• Task directions
Copy the records below exactly. Include all of them.
________
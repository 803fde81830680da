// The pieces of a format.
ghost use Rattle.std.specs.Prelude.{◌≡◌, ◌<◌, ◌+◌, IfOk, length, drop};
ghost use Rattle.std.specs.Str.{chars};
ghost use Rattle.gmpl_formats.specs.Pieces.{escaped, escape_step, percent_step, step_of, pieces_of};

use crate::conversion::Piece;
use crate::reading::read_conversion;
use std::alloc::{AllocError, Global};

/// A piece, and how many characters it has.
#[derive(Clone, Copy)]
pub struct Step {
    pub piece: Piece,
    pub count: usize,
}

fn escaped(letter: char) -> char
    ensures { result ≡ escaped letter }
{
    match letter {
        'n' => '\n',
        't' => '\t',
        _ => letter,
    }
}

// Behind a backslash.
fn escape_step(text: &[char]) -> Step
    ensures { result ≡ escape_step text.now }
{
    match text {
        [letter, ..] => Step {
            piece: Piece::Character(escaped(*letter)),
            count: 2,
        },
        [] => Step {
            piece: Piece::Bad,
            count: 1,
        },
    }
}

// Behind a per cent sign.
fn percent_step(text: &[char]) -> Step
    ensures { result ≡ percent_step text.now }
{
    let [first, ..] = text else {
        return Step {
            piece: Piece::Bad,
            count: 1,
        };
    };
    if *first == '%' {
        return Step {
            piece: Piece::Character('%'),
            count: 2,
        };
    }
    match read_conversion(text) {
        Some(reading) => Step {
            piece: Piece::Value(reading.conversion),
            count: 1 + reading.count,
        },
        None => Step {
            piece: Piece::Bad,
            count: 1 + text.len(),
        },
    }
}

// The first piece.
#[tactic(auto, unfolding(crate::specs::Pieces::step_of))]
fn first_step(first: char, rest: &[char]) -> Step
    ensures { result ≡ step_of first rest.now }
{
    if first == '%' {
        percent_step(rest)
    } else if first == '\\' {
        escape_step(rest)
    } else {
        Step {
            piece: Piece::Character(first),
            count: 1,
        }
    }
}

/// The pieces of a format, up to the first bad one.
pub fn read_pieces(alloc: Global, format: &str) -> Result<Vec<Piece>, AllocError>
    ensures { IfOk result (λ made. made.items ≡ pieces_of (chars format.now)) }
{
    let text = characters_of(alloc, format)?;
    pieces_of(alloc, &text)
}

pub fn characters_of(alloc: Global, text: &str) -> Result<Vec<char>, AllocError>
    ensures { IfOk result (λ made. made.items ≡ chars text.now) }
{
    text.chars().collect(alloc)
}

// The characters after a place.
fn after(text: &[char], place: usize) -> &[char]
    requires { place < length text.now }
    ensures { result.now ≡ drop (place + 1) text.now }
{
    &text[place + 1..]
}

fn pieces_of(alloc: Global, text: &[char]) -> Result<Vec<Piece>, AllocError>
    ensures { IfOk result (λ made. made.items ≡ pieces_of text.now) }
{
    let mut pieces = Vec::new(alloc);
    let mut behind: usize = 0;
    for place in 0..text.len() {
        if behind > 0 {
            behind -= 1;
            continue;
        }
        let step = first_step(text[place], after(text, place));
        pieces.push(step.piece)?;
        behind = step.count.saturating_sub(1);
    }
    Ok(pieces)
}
________
• Task output
repository 803fde81830680da
// The pieces of a format.
ghost use Rattle.std.specs.Prelude.{◌≡◌, ◌<◌, ◌+◌, IfOk, length, drop};
ghost use Rattle.std.specs.Str.{chars};
ghost use Rattle.gmpl_formats.specs.Pieces.{escaped, escape_step, percent_step, step_of, pieces_of};

use crate::conversion::Piece;
use crate::reading::read_conversion;
use std::alloc::{AllocError, Global};

/// A piece, and how many characters it has.
#[derive(Clone, Copy)]
pub struct Step {
    pub piece: Piece,
    pub count: usize,
}

fn escaped(letter: char) -> char
    ensures { result ≡ escaped letter }
{
    match letter {
        'n' => '\n',
        't' => '\t',
        _ => letter,
    }
}

// Behind a backslash.
fn escape_step(text: &[char]) -> Step
    ensures { result ≡ escape_step text.now }
{
    match text {
        [letter, ..] => Step {
            piece: Piece::Character(escaped(*letter)),
            count: 2,
        },
        [] => Step {
            piece: Piece::Bad,
            count: 1,
        },
    }
}

// Behind a per cent sign.
fn percent_step(text: &[char]) -> Step
    ensures { result ≡ percent_step text.now }
{
    let [first, ..] = text else {
        return Step {
            piece: Piece::Bad,
            count: 1,
        };
    };
    if *first == '%' {
        return Step {
            piece: Piece::Character('%'),
            count: 2,
        };
    }
    match read_conversion(text) {
        Some(reading) => Step {
            piece: Piece::Value(reading.conversion),
            count: 1 + reading.count,
        },
        None => Step {
            piece: Piece::Bad,
            count: 1 + text.len(),
        },
    }
}

// The first piece.
#[tactic(auto, unfolding(crate::specs::Pieces::step_of))]
fn first_step(first: char, rest: &[char]) -> Step
    ensures { result ≡ step_of first rest.now }
{
    if first == '%' {
        percent_step(rest)
    } else if first == '\\' {
        escape_step(rest)
    } else {
        Step {
            piece: Piece::Character(first),
            count: 1,
        }
    }
}

/// The pieces of a format, up to the first bad one.
pub fn read_pieces(alloc: Global, format: &str) -> Result<Vec<Piece>, AllocError>
    ensures { IfOk result (λ made. made.items ≡ pieces_of (chars format.now)) }
{
    let text = characters_of(alloc, format)?;
    pieces_of(alloc, &text)
}

pub fn characters_of(alloc: Global, text: &str) -> Result<Vec<char>, AllocError>
    ensures { IfOk result (λ made. made.items ≡ chars text.now) }
{
    text.chars().collect(alloc)
}

// The characters after a place.
fn after(text: &[char], place: usize) -> &[char]
    requires { place < length text.now }
    ensures { result.now ≡ drop (place + 1) text.now }
{
    &text[place + 1..]
}

fn pieces_of(alloc: Global, text: &[char]) -> Result<Vec<Piece>, AllocError>
    ensures { IfOk result (λ made. made.items ≡ pieces_of text.now) }
{
    let mut pieces = Vec::new(alloc);
    let mut behind: usize = 0;
    for place in 0..text.len() {
        if behind > 0 {
            behind -= 1;
            continue;
        }
        let step = first_step(text[place], after(text, place));
        pieces.push(step.piece)?;
        behind = step.count.saturating_sub(1);
    }
    Ok(pieces)
}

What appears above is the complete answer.